◆ **Instructions to follow**
The answer must consist of every line below that holds the word "Full".
- - -
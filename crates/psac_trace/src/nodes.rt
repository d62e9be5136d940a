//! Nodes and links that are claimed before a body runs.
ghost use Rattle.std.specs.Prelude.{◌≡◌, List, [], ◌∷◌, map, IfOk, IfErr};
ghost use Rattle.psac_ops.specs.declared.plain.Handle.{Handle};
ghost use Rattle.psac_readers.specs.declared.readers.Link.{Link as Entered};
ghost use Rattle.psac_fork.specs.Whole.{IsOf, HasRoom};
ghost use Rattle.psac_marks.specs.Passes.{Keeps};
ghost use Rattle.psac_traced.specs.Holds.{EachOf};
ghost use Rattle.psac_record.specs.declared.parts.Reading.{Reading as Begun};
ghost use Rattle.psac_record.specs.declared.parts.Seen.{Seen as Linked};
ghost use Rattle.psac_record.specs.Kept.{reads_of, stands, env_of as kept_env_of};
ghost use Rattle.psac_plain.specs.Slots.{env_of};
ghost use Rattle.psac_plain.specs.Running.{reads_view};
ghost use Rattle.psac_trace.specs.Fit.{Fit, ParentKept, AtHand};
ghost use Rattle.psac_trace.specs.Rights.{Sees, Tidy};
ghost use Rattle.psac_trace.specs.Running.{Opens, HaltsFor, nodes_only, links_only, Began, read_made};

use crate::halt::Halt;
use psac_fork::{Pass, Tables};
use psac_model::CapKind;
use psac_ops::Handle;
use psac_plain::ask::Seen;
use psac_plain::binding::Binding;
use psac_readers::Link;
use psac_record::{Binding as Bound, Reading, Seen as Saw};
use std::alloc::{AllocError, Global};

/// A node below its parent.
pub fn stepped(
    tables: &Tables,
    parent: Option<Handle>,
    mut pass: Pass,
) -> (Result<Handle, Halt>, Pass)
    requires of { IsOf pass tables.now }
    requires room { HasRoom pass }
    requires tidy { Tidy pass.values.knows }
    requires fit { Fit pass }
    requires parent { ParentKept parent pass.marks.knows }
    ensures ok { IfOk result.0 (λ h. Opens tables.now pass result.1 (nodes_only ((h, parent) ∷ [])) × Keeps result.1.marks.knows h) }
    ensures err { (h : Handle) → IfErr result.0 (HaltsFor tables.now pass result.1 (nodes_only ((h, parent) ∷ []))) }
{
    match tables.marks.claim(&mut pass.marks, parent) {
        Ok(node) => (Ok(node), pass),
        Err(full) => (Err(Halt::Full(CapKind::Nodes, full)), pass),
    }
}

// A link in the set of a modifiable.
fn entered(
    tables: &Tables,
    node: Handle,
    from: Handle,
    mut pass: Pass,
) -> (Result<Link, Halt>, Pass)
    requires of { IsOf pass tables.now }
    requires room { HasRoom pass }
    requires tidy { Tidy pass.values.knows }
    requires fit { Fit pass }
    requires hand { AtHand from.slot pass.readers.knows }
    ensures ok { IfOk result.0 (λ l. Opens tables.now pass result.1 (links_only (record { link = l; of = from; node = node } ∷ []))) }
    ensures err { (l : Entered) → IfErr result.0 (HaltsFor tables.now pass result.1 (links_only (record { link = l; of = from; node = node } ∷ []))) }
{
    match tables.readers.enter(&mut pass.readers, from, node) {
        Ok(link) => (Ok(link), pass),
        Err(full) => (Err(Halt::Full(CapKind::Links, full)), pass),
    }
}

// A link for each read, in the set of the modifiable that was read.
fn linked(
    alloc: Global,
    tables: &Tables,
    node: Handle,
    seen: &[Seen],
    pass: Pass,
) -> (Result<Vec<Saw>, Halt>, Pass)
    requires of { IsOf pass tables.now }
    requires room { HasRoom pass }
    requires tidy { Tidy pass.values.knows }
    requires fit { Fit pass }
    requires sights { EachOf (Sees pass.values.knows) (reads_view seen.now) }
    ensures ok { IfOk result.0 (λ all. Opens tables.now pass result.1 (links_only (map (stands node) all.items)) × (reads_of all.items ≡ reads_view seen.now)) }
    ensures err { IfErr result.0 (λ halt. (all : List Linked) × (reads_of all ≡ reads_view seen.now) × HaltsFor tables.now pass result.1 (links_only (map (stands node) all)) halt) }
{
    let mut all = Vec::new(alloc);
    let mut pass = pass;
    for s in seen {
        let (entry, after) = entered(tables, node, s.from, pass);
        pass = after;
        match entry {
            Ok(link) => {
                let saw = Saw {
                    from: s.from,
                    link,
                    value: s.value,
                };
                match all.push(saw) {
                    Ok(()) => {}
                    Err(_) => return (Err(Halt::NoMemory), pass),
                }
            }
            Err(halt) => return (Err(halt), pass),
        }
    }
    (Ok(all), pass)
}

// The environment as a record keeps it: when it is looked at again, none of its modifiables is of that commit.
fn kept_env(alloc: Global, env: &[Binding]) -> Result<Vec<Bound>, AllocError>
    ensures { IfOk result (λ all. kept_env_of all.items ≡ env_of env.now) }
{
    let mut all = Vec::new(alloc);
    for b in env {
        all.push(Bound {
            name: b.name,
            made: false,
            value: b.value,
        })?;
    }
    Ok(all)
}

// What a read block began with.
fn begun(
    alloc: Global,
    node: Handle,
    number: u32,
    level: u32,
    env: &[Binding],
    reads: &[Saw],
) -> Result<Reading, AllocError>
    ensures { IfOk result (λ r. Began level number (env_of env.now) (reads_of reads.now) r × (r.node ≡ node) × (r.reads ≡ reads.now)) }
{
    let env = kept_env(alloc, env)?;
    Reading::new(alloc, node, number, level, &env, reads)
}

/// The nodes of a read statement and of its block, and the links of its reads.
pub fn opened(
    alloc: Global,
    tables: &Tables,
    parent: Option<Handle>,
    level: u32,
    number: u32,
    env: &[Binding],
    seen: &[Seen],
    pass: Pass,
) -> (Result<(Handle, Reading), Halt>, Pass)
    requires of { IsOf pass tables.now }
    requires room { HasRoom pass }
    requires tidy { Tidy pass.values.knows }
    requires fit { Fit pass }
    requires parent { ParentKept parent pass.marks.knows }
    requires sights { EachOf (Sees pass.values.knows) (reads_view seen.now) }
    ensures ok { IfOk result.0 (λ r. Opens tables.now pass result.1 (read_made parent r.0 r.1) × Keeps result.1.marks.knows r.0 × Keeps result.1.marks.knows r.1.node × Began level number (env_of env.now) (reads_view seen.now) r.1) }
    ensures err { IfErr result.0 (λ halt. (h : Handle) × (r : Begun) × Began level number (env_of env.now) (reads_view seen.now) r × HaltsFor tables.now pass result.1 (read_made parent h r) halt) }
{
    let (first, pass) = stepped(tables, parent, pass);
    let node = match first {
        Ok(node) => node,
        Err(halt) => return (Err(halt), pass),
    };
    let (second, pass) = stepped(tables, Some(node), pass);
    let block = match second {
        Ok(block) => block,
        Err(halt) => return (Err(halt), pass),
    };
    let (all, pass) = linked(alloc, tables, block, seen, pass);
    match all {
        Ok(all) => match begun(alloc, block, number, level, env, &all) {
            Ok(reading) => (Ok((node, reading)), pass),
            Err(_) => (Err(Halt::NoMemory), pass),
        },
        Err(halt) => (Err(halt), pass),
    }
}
- - -
◆ **Task solution**
        Err(full) => (Err(Halt::Full(CapKind::Nodes, full)), pass),
        Err(full) => (Err(Halt::Full(CapKind::Links, full)), pass),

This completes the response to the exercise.